*** Opening of Data ***

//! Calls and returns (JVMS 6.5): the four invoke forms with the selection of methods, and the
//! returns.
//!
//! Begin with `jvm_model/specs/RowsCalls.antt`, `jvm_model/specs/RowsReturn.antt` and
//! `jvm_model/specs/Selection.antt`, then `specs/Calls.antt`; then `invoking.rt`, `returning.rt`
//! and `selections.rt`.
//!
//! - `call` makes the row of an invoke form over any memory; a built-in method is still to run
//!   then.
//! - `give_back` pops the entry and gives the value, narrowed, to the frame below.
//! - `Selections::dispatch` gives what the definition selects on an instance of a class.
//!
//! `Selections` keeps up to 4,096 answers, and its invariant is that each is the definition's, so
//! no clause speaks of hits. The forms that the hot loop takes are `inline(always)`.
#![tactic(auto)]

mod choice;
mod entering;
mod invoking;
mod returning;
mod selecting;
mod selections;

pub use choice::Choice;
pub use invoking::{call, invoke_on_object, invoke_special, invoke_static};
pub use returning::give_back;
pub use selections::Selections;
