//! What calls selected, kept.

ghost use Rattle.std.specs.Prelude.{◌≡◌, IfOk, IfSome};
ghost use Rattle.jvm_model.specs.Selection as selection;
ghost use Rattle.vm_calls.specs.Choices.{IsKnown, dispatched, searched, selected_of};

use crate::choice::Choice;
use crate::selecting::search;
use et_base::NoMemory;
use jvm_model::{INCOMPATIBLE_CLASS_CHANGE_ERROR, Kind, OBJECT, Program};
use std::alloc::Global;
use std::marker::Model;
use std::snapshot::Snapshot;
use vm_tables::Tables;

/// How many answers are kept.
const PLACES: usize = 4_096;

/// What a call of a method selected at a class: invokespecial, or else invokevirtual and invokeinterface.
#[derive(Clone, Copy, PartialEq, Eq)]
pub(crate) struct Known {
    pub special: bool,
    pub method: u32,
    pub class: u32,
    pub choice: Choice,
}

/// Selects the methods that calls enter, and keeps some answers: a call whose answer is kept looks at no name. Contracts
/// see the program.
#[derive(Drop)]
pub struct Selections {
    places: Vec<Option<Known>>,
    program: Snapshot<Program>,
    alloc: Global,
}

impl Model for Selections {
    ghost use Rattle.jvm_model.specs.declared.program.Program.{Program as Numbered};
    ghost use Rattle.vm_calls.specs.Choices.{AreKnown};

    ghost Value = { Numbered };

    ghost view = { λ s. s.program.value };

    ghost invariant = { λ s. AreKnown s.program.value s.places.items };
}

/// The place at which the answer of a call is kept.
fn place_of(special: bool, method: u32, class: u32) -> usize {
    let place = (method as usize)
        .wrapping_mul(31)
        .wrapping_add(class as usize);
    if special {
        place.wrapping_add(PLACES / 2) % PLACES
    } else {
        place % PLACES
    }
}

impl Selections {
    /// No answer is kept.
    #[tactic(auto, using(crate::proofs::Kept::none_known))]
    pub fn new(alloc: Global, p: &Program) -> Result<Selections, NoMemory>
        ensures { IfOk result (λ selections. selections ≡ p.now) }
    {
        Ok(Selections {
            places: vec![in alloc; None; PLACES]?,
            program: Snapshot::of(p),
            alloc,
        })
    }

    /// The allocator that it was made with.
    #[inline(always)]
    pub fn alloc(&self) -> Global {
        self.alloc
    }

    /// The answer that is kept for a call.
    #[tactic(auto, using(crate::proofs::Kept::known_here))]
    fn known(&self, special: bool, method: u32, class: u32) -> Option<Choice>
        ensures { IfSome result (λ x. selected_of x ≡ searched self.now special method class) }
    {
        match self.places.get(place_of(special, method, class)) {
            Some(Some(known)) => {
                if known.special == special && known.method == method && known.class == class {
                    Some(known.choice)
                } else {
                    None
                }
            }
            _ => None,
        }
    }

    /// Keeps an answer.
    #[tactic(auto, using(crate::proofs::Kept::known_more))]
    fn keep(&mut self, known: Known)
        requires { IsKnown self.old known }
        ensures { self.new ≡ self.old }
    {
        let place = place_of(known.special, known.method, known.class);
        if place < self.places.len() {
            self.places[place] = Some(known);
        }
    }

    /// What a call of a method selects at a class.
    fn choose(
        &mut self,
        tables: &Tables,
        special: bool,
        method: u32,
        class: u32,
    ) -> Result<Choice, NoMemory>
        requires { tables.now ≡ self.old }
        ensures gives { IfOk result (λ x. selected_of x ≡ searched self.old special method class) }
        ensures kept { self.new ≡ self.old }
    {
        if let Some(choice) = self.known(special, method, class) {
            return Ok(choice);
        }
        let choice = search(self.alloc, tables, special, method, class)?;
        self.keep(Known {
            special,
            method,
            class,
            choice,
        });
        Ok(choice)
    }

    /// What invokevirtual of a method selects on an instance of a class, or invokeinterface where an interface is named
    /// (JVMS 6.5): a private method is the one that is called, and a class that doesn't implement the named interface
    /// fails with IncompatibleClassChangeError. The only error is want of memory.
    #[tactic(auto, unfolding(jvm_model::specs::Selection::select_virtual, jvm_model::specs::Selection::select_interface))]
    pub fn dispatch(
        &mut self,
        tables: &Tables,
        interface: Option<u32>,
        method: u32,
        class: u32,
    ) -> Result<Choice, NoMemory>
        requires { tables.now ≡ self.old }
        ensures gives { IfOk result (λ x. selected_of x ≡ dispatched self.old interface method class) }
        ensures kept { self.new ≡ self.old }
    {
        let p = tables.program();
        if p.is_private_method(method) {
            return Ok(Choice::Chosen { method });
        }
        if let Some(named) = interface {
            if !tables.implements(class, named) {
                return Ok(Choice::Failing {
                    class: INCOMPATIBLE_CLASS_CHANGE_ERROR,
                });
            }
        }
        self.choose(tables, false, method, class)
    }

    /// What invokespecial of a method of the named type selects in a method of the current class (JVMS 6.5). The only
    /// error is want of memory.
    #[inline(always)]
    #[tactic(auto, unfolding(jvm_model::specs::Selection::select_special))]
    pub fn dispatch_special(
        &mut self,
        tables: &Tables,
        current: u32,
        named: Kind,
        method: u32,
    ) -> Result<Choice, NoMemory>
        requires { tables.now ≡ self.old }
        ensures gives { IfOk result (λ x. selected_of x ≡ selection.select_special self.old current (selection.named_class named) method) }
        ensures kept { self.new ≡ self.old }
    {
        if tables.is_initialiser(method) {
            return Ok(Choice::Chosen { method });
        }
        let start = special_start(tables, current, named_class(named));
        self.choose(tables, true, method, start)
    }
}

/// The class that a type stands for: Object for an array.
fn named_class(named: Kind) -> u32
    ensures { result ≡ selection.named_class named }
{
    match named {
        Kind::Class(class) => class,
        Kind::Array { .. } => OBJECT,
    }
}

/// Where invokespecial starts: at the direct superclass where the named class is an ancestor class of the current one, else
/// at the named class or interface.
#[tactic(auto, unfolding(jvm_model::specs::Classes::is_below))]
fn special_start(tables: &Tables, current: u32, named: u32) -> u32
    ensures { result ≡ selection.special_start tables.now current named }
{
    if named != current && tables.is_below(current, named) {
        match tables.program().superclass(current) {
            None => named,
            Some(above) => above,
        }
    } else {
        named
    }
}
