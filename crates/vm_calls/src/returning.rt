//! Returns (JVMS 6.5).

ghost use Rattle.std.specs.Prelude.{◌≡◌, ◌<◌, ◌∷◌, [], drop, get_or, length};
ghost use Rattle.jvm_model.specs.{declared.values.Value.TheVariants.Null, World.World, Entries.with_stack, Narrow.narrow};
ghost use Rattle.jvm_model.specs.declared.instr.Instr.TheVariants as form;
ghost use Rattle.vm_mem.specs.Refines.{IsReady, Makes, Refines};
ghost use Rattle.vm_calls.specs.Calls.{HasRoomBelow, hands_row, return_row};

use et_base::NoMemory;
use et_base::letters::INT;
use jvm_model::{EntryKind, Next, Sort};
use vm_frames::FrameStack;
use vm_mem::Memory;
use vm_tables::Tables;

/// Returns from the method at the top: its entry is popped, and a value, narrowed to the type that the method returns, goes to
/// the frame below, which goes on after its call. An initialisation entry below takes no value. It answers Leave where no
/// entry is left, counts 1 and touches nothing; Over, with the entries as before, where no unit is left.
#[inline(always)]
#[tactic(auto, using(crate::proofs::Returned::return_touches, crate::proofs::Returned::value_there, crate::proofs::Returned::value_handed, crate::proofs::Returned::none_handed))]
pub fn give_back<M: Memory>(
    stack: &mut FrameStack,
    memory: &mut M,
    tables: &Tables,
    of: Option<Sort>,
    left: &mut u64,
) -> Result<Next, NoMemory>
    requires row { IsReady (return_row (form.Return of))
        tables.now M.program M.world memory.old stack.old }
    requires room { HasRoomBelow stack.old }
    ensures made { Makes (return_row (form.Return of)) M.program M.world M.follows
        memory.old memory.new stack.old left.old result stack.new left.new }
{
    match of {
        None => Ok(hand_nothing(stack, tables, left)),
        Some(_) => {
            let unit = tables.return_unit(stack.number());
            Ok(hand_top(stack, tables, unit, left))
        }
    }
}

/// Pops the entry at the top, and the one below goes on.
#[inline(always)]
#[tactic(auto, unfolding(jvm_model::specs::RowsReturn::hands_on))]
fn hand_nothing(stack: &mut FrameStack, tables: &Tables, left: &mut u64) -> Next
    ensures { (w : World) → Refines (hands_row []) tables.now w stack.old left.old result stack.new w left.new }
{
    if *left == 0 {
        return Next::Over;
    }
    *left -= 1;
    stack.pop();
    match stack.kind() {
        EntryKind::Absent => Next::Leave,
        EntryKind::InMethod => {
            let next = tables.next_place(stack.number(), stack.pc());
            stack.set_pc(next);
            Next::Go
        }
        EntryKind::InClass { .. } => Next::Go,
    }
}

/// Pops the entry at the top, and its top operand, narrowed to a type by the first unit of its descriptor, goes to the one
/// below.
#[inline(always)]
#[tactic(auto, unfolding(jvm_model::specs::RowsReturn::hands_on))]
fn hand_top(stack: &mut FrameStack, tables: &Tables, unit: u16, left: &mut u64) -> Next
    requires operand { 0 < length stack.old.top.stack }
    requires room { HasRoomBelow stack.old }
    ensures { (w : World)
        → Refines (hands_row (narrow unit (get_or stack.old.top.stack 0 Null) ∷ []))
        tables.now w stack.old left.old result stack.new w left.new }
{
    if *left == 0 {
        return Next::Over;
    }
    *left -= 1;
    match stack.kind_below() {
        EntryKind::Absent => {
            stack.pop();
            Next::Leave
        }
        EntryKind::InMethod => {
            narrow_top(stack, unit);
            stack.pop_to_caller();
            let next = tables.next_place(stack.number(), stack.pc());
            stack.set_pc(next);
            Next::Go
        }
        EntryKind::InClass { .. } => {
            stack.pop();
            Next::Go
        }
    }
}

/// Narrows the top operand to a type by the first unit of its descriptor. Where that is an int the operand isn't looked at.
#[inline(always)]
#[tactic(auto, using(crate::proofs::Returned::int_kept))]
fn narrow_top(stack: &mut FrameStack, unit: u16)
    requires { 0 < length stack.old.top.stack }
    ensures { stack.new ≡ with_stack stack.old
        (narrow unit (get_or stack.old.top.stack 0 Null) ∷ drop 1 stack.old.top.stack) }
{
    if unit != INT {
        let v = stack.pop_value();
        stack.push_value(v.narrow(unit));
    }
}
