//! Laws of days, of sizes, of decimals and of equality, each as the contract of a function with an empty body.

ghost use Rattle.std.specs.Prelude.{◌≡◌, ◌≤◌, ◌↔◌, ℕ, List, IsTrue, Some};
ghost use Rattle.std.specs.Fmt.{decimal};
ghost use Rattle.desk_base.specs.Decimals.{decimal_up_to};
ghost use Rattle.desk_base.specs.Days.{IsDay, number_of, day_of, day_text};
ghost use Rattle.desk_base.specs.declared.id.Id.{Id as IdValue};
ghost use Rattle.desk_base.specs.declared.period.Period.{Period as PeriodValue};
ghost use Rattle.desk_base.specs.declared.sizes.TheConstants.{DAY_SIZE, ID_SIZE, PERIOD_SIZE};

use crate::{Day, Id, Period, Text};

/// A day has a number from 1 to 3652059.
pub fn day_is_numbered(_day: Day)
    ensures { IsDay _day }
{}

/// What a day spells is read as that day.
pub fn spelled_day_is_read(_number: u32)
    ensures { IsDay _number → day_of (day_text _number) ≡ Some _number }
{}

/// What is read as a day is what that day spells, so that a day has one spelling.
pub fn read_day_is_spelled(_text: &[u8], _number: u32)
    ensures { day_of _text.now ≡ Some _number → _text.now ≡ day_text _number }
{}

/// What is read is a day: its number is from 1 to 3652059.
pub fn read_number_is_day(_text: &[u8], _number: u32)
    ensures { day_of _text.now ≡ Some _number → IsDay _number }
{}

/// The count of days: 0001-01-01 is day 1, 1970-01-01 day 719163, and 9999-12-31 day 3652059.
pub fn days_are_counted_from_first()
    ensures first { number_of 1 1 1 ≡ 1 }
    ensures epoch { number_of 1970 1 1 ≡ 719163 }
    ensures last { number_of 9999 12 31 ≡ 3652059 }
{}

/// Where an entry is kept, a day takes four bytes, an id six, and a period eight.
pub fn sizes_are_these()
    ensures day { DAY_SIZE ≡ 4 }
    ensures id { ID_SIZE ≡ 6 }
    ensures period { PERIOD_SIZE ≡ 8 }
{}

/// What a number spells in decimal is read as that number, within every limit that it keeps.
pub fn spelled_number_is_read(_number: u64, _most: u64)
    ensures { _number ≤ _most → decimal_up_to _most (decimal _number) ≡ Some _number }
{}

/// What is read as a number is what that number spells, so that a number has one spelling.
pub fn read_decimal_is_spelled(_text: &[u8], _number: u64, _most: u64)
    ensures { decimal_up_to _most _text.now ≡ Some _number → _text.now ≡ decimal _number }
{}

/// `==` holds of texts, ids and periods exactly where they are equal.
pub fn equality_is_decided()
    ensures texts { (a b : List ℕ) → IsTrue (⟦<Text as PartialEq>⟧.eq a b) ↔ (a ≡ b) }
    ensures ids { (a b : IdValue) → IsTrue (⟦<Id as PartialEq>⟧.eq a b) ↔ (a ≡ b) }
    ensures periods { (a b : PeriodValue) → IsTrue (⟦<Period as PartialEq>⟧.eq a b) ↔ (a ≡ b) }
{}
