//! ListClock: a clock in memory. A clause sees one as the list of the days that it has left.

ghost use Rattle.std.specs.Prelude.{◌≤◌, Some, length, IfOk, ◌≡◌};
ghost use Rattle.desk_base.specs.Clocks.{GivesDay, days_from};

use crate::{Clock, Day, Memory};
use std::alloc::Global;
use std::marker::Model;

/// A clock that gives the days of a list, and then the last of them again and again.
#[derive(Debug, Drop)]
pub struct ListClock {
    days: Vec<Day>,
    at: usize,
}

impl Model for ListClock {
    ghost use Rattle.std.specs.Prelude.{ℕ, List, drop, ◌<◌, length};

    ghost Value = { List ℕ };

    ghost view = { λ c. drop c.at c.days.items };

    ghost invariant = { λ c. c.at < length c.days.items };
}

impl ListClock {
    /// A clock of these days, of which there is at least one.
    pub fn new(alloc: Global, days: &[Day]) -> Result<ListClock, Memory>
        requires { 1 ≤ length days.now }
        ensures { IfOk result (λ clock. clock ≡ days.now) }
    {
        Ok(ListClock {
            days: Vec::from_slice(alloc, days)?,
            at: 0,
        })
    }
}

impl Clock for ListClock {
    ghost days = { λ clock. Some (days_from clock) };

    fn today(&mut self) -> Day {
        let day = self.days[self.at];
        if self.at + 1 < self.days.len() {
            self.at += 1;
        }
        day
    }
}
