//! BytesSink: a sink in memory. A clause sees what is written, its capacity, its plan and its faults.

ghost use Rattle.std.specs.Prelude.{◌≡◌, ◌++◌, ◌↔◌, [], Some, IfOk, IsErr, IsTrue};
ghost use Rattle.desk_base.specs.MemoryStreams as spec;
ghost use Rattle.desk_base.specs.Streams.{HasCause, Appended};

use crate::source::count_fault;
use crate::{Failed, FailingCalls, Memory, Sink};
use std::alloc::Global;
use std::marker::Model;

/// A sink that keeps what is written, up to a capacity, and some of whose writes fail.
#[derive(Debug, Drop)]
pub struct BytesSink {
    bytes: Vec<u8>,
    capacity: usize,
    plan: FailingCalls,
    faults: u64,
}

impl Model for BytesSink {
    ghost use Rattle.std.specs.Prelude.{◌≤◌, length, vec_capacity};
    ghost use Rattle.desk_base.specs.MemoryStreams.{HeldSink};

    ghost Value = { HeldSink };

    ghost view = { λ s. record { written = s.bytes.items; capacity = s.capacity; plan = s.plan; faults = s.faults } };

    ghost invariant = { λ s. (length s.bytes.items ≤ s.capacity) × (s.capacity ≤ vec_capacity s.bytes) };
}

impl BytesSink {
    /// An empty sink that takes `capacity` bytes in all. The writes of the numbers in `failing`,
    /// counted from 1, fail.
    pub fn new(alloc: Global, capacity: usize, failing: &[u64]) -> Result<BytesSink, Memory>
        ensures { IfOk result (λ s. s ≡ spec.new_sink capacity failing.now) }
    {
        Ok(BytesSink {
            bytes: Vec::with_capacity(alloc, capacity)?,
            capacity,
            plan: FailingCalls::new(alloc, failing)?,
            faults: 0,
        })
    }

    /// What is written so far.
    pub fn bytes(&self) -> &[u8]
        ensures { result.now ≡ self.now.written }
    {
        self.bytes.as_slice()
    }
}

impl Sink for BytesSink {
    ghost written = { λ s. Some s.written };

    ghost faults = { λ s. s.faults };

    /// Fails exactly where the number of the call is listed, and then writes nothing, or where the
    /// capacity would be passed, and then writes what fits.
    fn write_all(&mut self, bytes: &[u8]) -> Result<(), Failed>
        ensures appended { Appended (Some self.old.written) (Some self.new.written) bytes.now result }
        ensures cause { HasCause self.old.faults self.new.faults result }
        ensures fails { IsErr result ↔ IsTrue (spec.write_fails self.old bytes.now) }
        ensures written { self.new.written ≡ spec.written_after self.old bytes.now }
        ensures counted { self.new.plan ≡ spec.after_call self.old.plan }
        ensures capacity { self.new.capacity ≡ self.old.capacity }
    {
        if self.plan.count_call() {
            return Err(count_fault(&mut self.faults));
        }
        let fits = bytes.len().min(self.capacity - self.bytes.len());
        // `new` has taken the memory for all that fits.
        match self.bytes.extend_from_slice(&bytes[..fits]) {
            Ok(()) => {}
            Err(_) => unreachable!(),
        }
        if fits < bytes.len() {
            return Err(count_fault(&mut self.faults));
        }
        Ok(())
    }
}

*** Close of Data ***

> What is being asked:
Go through the lines above and copy any that contain "made".

> Response below:
    /// The allocator that it was made with.
    ensures made { Makes (return_row (form.Return of)) M.program M.world M.follows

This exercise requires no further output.